Another study in 2019, showed how there has been an upsurge in body image issues and body dysmorphia in adolescents and particularly ones aged 15-18. Such young girls spend a lot of time looking at themselves in the mirror, try absurd diets in effort to lose weight, eat too much junk in order to gain weight, start seeking different products that promise quick changes in body shape and/or face shape.

But it is not just hatred of one’s body, it actually leads to many more serious problems. Teens start developing social anxiety, they have extremely low self esteem, mood disorders, disordered eating which leads to innumerable health issues, and even problems in relationships and friendships. They start avoiding going out or being seen in public. This leads to several other mental health issues and some of the victims go as far as developing self-harm tendencies.

What causes it?

There are many causes for young girls to be developing body image issues, and it varies from person to person. Some of them are:

  • being teased about appearance in childhood
  • growing up in a household where emphasis is placed on appearance of a particular ideal body size or shape
  • parents and other family members experiencing body dissatisfaction and engaging in dieting or weight control behaviors
  • a cultural tendency to judge people by their appearance
  • peer pressure among teenage girls and women to be slim, go on diets, exercise and compare themselves with others
  • a tendency in women’s media to push fad diets and weight loss programs
  • well-meaning public health campaigns that urge people to lose weight.

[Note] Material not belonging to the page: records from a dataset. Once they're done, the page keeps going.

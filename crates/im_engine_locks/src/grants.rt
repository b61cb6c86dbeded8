//! Locks taken and given back, by name and by owner at once.

ghost use Rattle.std.specs.Prelude.{◌≡◌, ◌<◌, ◌-◌, ◌||◌, OnOk, OnErr, take, length, ◌∷◌, []};
ghost use Rattle.im_theory_machine.specs.Locks.{Name as LockName};
ghost use Rattle.im_engine_locks.specs.Requests.{row, requested, named};
ghost use Rattle.im_engine_locks.specs.Index.{IsOnce, is_held, keeps, lasts, seen_all, same_lock};
ghost use Rattle.im_engine_locks.specs.Places.{Covers, KeepsApart, KeepsOthers};
ghost use Rattle.im_engine_locks.specs.Owned.{held_in, all_in, IsKnown, KeepsFront, SameOwn};
ghost use Rattle.im_theory_machine.specs.declared.lock_kind.Mode.{Mode as LockMode};

use crate::name::Name;
use crate::name_index::NameIndex;
use crate::own_locks::OwnLocks;
use crate::place::{Place, Span};
use crate::request::Request;
use crate::stored_lock::{StoredLock, lend, push_lock};
use im_base_types::TxnId;
use im_theory_machine::{Duration, Mode};
use std::alloc::AllocError;

/// Adds to the locks of `t` those requests that are kept, all or none.
pub fn grant(
    names: &mut NameIndex,
    t: TxnId,
    locks: &mut OwnLocks,
    requests: &[Request<'_>],
) -> Result<(), AllocError>
    requires known { IsKnown names.old t (held_in locks.old) }
    ensures known { IsKnown names.new t (held_in locks.new) }
    ensures others { KeepsOthers names.old t names.new }
    ensures held { OnOk result ((n : LockName) (m : LockMode) → is_held (all_in locks.new) n m ≡ (is_held (all_in locks.old) n m || keeps (row requests.now) n m)) }
    ensures lasting { OnOk result ((n : LockName) (m : LockMode) → is_held (seen_all locks.new.lasting) n m ≡ (is_held (seen_all locks.old.lasting) n m || lasts (row requests.now) n m)) }
    ensures err { OnErr result (SameOwn locks.old locks.new) }
{
    let lasting = locks.lasting.len();
    let falling = locks.falling.len();
    for request in requests {
        if let Err(error) = keep(names, t, locks, request) {
            forget_lasting(names, t, locks, lasting);
            forget_falling(names, t, locks, falling);
            return Err(error);
        }
    }
    Ok(())
}

/// Takes the lasting locks of `t` back from the last one on, until so many are left.
pub fn forget_lasting(names: &mut NameIndex, t: TxnId, locks: &mut OwnLocks, left: usize)
    requires known { IsKnown names.old t (held_in locks.old) }
    ensures known { IsKnown names.new t (held_in locks.new) }
    ensures others { KeepsOthers names.old t names.new }
    ensures lasting { locks.new.lasting.items ≡ take left locks.old.lasting.items }
    ensures falling { locks.new.falling.items ≡ locks.old.falling.items }
{
    forget(names, t, Span::Lasting, &mut locks.lasting, left);
}

/// Takes the locks of `t` that fall back from the last one on, until so many are left.
pub fn forget_falling(names: &mut NameIndex, t: TxnId, locks: &mut OwnLocks, left: usize)
    requires known { IsKnown names.old t (held_in locks.old) }
    ensures known { IsKnown names.new t (held_in locks.new) }
    ensures others { KeepsOthers names.old t names.new }
    ensures lasting { locks.new.lasting.items ≡ locks.old.lasting.items }
    ensures falling { locks.new.falling.items ≡ take left locks.old.falling.items }
{
    forget(names, t, Span::Falling, &mut locks.falling, left);
}

// Takes locks of a list of `t` back from the last one on, until so many are left.
fn forget(names: &mut NameIndex, t: TxnId, span: Span, locks: &mut Vec<StoredLock>, left: usize)
    requires known { Covers names.old t span (seen_all locks.old) }
    requires once { IsOnce (seen_all locks.old) }
    ensures known { Covers names.new t span (seen_all locks.new) }
    ensures once { IsOnce (seen_all locks.new) }
    ensures apart { KeepsApart names.old t span names.new }
    ensures items { locks.new.items ≡ take left locks.old.items }
{
    while locks.len() > left {
        forget_last(names, t, span, locks);
    }
}

// Takes the last lock of a list of `t` back.
fn forget_last(names: &mut NameIndex, t: TxnId, span: Span, locks: &mut Vec<StoredLock>)
    requires some { 0 < length locks.old.items }
    requires known { Covers names.old t span (seen_all locks.old) }
    requires once { IsOnce (seen_all locks.old) }
    ensures known { Covers names.new t span (seen_all locks.new) }
    ensures once { IsOnce (seen_all locks.new) }
    ensures apart { KeepsApart names.old t span names.new }
    ensures items { locks.new.items ≡ take (length locks.old.items - 1) locks.old.items }
{
    let Some(lock) = locks.pop() else {
        return;
    };
    let place = Place {
        owner: t,
        span,
        at: locks.len(),
    };
    names.remove(lend(&lock.name), place);
}

// Adds one request to the locks of `t`, where it is kept and not held.
fn keep(
    names: &mut NameIndex,
    t: TxnId,
    locks: &mut OwnLocks,
    request: &Request<'_>,
) -> Result<(), AllocError>
    requires known { IsKnown names.old t (held_in locks.old) }
    ensures known { IsKnown names.new t (held_in locks.new) }
    ensures others { KeepsOthers names.old t names.new }
    ensures held { OnOk result ((n : LockName) (m : LockMode) → is_held (all_in locks.new) n m ≡ (is_held (all_in locks.old) n m || keeps (requested request.now ∷ []) n m)) }
    ensures lasting { OnOk result ((n : LockName) (m : LockMode) → is_held (seen_all locks.new.lasting) n m ≡ (is_held (seen_all locks.old.lasting) n m || lasts (requested request.now ∷ []) n m)) }
    ensures front { KeepsFront locks.old locks.new }
    ensures err { OnErr result (SameOwn locks.old locks.new) }
{
    match request.duration {
        Duration::Instant => Ok(()),
        Duration::ToFinish => keep_falling(names, t, locks, request.name, request.mode),
        Duration::ToCommit => keep_lasting(names, t, locks, request.name, request.mode),
    }
}

// Adds a lock to those of `t` that fall back, where it is not among them.
fn keep_falling(
    names: &mut NameIndex,
    t: TxnId,
    locks: &mut OwnLocks,
    name: Name<'_>,
    mode: Mode,
) -> Result<(), AllocError>
    requires known { IsKnown names.old t (held_in locks.old) }
    ensures known { IsKnown names.new t (held_in locks.new) }
    ensures others { KeepsOthers names.old t names.new }
    ensures held { OnOk result ((n : LockName) (m : LockMode) → is_held (all_in locks.new) n m ≡ (is_held (all_in locks.old) n m || same_lock (record { name = named name.entry; mode = mode }) n m)) }
    ensures lasting { locks.new.lasting.items ≡ locks.old.lasting.items }
    ensures front { take (length locks.old.falling.items) locks.new.falling.items ≡ locks.old.falling.items }
    ensures err { OnErr result (locks.new.falling.items ≡ locks.old.falling.items) }
{
    add(names, t, Span::Falling, &mut locks.falling, name, mode)
}

// Adds a lock to those of `t` that last, where it is not among them.
fn keep_lasting(
    names: &mut NameIndex,
    t: TxnId,
    locks: &mut OwnLocks,
    name: Name<'_>,
    mode: Mode,
) -> Result<(), AllocError>
    requires known { IsKnown names.old t (held_in locks.old) }
    ensures known { IsKnown names.new t (held_in locks.new) }
    ensures others { KeepsOthers names.old t names.new }
    ensures held { OnOk result ((n : LockName) (m : LockMode) → is_held (all_in locks.new) n m ≡ (is_held (all_in locks.old) n m || same_lock (record { name = named name.entry; mode = mode }) n m)) }
    ensures lasting { OnOk result ((n : LockName) (m : LockMode) → is_held (seen_all locks.new.lasting) n m ≡ (is_held (seen_all locks.old.lasting) n m || same_lock (record { name = named name.entry; mode = mode }) n m)) }
    ensures front { take (length locks.old.lasting.items) locks.new.lasting.items ≡ locks.old.lasting.items }
    ensures falling { locks.new.falling.items ≡ locks.old.falling.items }
    ensures err { OnErr result (locks.new.lasting.items ≡ locks.old.lasting.items) }
{
    add(names, t, Span::Lasting, &mut locks.lasting, name, mode)
}

// Adds a lock to a list of `t`, where it is not there: first its place, and then the lock, with the bytes of its name.
fn add(
    names: &mut NameIndex,
    t: TxnId,
    span: Span,
    locks: &mut Vec<StoredLock>,
    name: Name<'_>,
    mode: Mode,
) -> Result<(), AllocError>
    requires known { Covers names.old t span (seen_all locks.old) }
    requires once { IsOnce (seen_all locks.old) }
    ensures known { Covers names.new t span (seen_all locks.new) }
    ensures once { IsOnce (seen_all locks.new) }
    ensures apart { KeepsApart names.old t span names.new }
    ensures held { OnOk result ((n : LockName) (m : LockMode) → is_held (seen_all locks.new) n m ≡ (is_held (seen_all locks.old) n m || same_lock (record { name = named name.entry; mode = mode }) n m)) }
    ensures front { take (length locks.old.items) locks.new.items ≡ locks.old.items }
    ensures err { OnErr result (locks.new.items ≡ locks.old.items) }
{
    let place = Place {
        owner: t,
        span,
        at: locks.len(),
    };
    if !names.add(name, mode, place, locks.as_slice())? {
        return Ok(());
    }
    if let Err(error) = push_lock(locks, name, mode) {
        names.remove(name, place);
        return Err(error);
    }
    Ok(())
}
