//! Where the locks on each name stand.

use crate::bucket::Bucket;
use crate::place::Place;
use std::collections::HashMap;

/// Where the locks on each name stand: those on keys by the digest of the key, and those on the name past the last key. A digest
/// stands in the map only while somebody holds a key of it. No name stands here: it is read where its lock stands.
#[derive(Drop)]
pub struct NameIndex {
    pub keys: HashMap<u64, Bucket>,
    pub end: Vec<Place>,
}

But I believe in today’s world, the biggest contributing factor is the media and it’s portrayal of an ‘ideal body type’. Models, influencers, actresses are all labeled under a certain height and weight and have these perfect bodies with non-existent body fat percentage making it somehow impossible for a person to look the same without starving themselves.

Some young girls idolize certain influencers and aspire to have a body type like them and when they do not achieve it they start hating the way their body looks. The unrealistic beauty standards set by society are pushing several girls into Body Image disorders every day.

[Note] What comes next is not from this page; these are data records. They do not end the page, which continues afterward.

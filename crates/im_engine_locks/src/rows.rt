//! What each access asks of the lock table, from what its search found.

ghost use Rattle.std.specs.Prelude.{◌≡◌, ℕ};
ghost use Rattle.im_base_types.specs.Keys.{Key};
ghost use Rattle.im_base_types.specs.Maps.{IndexMap, From, first};
ghost use Rattle.im_base_types.specs.Answers.{Fetch, Seek, Next, Prev, Insert, Delete};
ghost use Rattle.im_theory_machine.specs.Rows.{asked, name_of, next_name};
ghost use Rattle.im_theory_machine.specs.Changing.{asked_begun};
ghost use Rattle.im_engine_locks.specs.Requests.{named, row, named_if, requests_of};
ghost use Rattle.im_engine_locks.specs.Found.{FindsNextName, FindsBelow, FindsNext};
ghost use Rattle.im_theory_machine.specs.declared.lock_kind.Mode.TheVariants.{Shared, Exclusive};
ghost use Rattle.im_theory_machine.specs.declared.lock_kind.Duration.TheVariants.{ToCommit};

use crate::name::Name;
use crate::request::Request;
use crate::row::Row;
use im_theory_machine::{Duration, Mode};

/// A shared lock to commit: what an entry that is read asks, and the end of what is read.
pub fn shared(name: Name<'_>) -> Request<'_>
    ensures { result ≡ record { name = name.entry; mode = Shared; duration = ToCommit } }
{
    Request {
        name,
        mode: Mode::Shared,
        duration: Duration::ToCommit,
    }
}

// An exclusive lock.
fn exclusive(name: Name<'_>, duration: Duration) -> Request<'_>
    ensures { result ≡ record { name = name.entry; mode = Exclusive; duration = duration } }
{
    Request {
        name,
        mode: Mode::Exclusive,
        duration,
    }
}

/// What a Fetch asks: the key where it is there, else the next name, which is looked at only then.
pub fn fetch_row<'a>(key: &'a [u8], there: bool, next: Name<'a>) -> Row<'a>
    ensures { (m : IndexMap) → FindsNextName m key.now there (named next.entry) → row (requests_of result) ≡ asked (Fetch key.now) m }
{
    Row::one(shared(if there { Name::Key(key) } else { next }))
}

/// What a Seek or a Next asks: the name of what was found.
pub fn seek_row(found: Name<'_>) -> Row<'_>
    ensures seek { (m : IndexMap) (k : Key) → named found.entry ≡ name_of (first (From k) m) → row (requests_of result) ≡ asked (Seek k) m }
    ensures next { (m : IndexMap) (k : Key) → named found.entry ≡ next_name m k → row (requests_of result) ≡ asked (Next k) m }
{
    Row::one(shared(found))
}

/// What a Prev asks: the least name at or above its key, which guards the gap below that key, and the key that was found.
pub fn prev_row<'a>(found: Option<Name<'a>>, next: Name<'a>) -> Row<'a>
    ensures { (m : IndexMap) (k : Key) → FindsBelow m k (named_if found.entry) (named next.entry) → row (requests_of result) ≡ asked (Prev k) m }
{
    match found {
        Some(name) => Row::two(shared(next), shared(name)),
        None => Row::one(shared(next)),
    }
}

/// What an Insert asks: where the key is there the key, shared; else the next name for the instant and the key.
pub fn insert_row<'a>(key: &'a [u8], there: bool, next: Name<'a>) -> Row<'a>
    ensures { (m : IndexMap) (rid : ℕ) → FindsNextName m key.now there (named next.entry) → row (requests_of result) ≡ asked (Insert key.now rid) m }
{
    let name = Name::Key(key);
    if there {
        Row::one(shared(name))
    } else {
        Row::two(
            exclusive(next, Duration::Instant),
            exclusive(name, Duration::ToCommit),
        )
    }
}

/// What an Insert of a key that is not there asks where it ends in a later step: the next name until its structure change ends, and the key.
pub fn insert_row_to_finish<'a>(key: &'a [u8], next: Name<'a>) -> Row<'a>
    ensures { (m : IndexMap) → named next.entry ≡ next_name m key.now → row (requests_of result) ≡ asked_begun key.now m }
{
    Row::two(
        exclusive(next, Duration::ToFinish),
        exclusive(Name::Key(key), Duration::ToCommit),
    )
}

/// What a Delete asks: where the key is there the next name and, for the instant, the key; else the next name, shared.
pub fn delete_row<'a>(key: &'a [u8], there: bool, next: Name<'a>) -> Row<'a>
    ensures { (m : IndexMap) → FindsNext m key.now there (named next.entry) → row (requests_of result) ≡ asked (Delete key.now) m }
{
    let name = Name::Key(key);
    if there {
        Row::two(
            exclusive(next, Duration::ToCommit),
            exclusive(name, Duration::Instant),
        )
    } else {
        Row::one(shared(next))
    }
}
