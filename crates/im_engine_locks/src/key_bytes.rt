//! Keys as the table keeps them.

ghost use Rattle.std.specs.Prelude.{◌≡◌, IfOk};
ghost use Rattle.im_engine_locks.specs.Keys.{spelled, IsSettable};

use crate::short_key::ShortKey;
use std::alloc::{AllocError, Global};

/// The bytes of a key: up to 32 in place.
#[derive(Drop)]
pub enum KeyBytes {
    Short(ShortKey),
    Long(Vec<u8>),
}

impl KeyBytes {
    /// Room for a copy of these bytes, which `set` makes. Memory is wanted where they are more than 32: then they are copied here.
    pub fn room_for(alloc: Global, bytes: &[u8]) -> Result<KeyBytes, AllocError>
        ensures { IfOk result (λ key. IsSettable key bytes.now) }
    {
        if bytes.len() <= 32 {
            return Ok(KeyBytes::Short(ShortKey::empty()));
        }
        Ok(KeyBytes::Long(Vec::from_slice(alloc, bytes)?))
    }

    /// Makes it a copy of the bytes for which it has room.
    pub fn set(&mut self, bytes: &[u8])
        requires { IsSettable self.old bytes.now }
        ensures { spelled self.new ≡ bytes.now }
    {
        if let KeyBytes::Short(key) = self {
            key.set(bytes);
        }
    }

    /// The bytes.
    pub fn as_slice(&self) -> &[u8]
        ensures { result.now ≡ spelled self.now }
    {
        match self {
            KeyBytes::Short(key) => key.as_slice(),
            KeyBytes::Long(bytes) => bytes.as_slice(),
        }
    }
}
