// Assembles the listings that stdin names, and says of each what its tree is, or by which rule it is refused and where.
#![tactic(auto)]

use panel::tree_of;
use std::{fs, io};
use told::Tells;

fn main(rt: HostRuntime) -> io::Result<()> {
    for line in rt.lines(rt.alloc()) {
        let name = line?;
        let text = fs::read(&rt, format!(in rt.alloc(); "{name}.cir")?)?;
        match tree_of(rt.alloc(), &text)? {
            Ok((_, made)) => println!(rt;
                "{name}\tratio {} {} size {}",
                made.num, made.den, made.elements
            )?,
            Err(fault) => println!(rt; "{name}\t{}", fault.told())?,
        }
    }
    Ok(())
}
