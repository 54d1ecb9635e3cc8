// A line of each kind, put after other bytes. What was put before an error stays there.
ghost use Rattle.std.specs.Prelude.{◌≡◌, ◌++◌, OnOk};
ghost use Rattle.ken_model.specs.Report.{line, turn_words, emit_words, restart_words, heap_words, end_words};

use crate::words::{Word, heap_words, output_words, put_line, restart_words, turn_words};
use ken_model::{Ending, Out, RestartLine, TurnLine, Value};
use std::alloc::{AllocError, Global};

/// Appends the line of a turn.
pub fn put_turn(out: &mut Vec<u8>, turn: &TurnLine) -> Result<(), AllocError>
    ensures { OnOk result (out.new.items ≡ out.old.items ++ line (turn_words turn.now)) }
{
    put_line(out, &turn_words(turn))
}

/// Appends the line of an output that a node emitted.
pub fn put_emission(out: &mut Vec<u8>, node: u8, output: &Out) -> Result<(), AllocError>
    ensures { OnOk result (out.new.items ≡ out.old.items ++ line (emit_words (record { node = node; out = output.now }))) }
{
    put_line(out, &output_words(node, output))
}

/// Appends the line of a restart.
pub fn put_restart(out: &mut Vec<u8>, restart: &RestartLine) -> Result<(), AllocError>
    ensures { OnOk result (out.new.items ≡ out.old.items ++ line (restart_words restart.now)) }
{
    put_line(out, &restart_words(restart))
}

/// Appends the line of a node's heap.
pub fn put_heap(alloc: Global, out: &mut Vec<u8>, node: u64, heap: &Value) -> Result<(), AllocError>
    ensures { OnOk result (out.new.items ≡ out.old.items ++ line (heap_words node heap.now)) }
{
    let words = heap_words(alloc, node, heap)?;
    put_line(out, words.as_slice())
}

/// Appends the line of the end of a run, after so many turns and with so much that waits.
pub fn put_end(
    out: &mut Vec<u8>,
    ending: Ending,
    turns: u64,
    waiting: u64,
) -> Result<(), AllocError>
    ensures { OnOk result (out.new.items ≡ out.old.items ++ line (end_words ending turns waiting)) }
{
    let (end, turns) = (Word::Text(b"end"), Word::Number(turns));
    match ending {
        Ending::Settled => put_line(out, &[end, Word::Text(b"settled"), turns]),
        Ending::Cut => put_line(
            out,
            &[end, Word::Text(b"cut"), turns, Word::Number(waiting)],
        ),
    }
}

Firstly the belief that a person’s worth boils down to how they look or how others around perceive them is wrong and should not be promoted. Young girls should know they are way more than just their measurement.

The practice of editing, air-brushing and filtering pictures of naturally beautiful women to make them look unnaturally beautiful has put a lot of pressure on young women around the world, because they fail to realize this long process and all the efforts that go in making these women look the way they do.

Many of these influencers also go through cosmetic surgeries, while there is nothing wrong in doing so, they go wrong when they fail to accept the fact that they have done so, clearly implying that the body or face that they have, is completely natural, which it isn’t.

Victoria’s Secret: Love My Body Campaign 2011

The picture above, for example, was actually a campaign initiated by the very famous women’s lingerie, clothing, and beauty brand ‘Victoria’s Secret’, which is widely known for hiring all their models, of the exact same skinny and tall body type. Ironically the campaign ended up promoting exactly opposite of what they intended to.

Reading, knowing and hearing about such young girls with severe mental health issues and negative body image issues all because of pressure of what they see the people around and how they have defined beauty is heart breaking. It seems as if there has been a certain limit set across and only the ones falling in will be considered as attractive. It angers me that young girls are throwing away months, years and lives only chasing and trying to achieve their goals which will make them conventionally beautiful.

If you happen to come across, or already know someone suffering with body dysmorphia or any other body image issues, make sure you reach out to them. Let them know that they are beautiful, and that the people around love them for who they truly are. Let them know that their compassion, kindness, empathy and selflessness will make them more beautiful than any other cosmetic will ever do.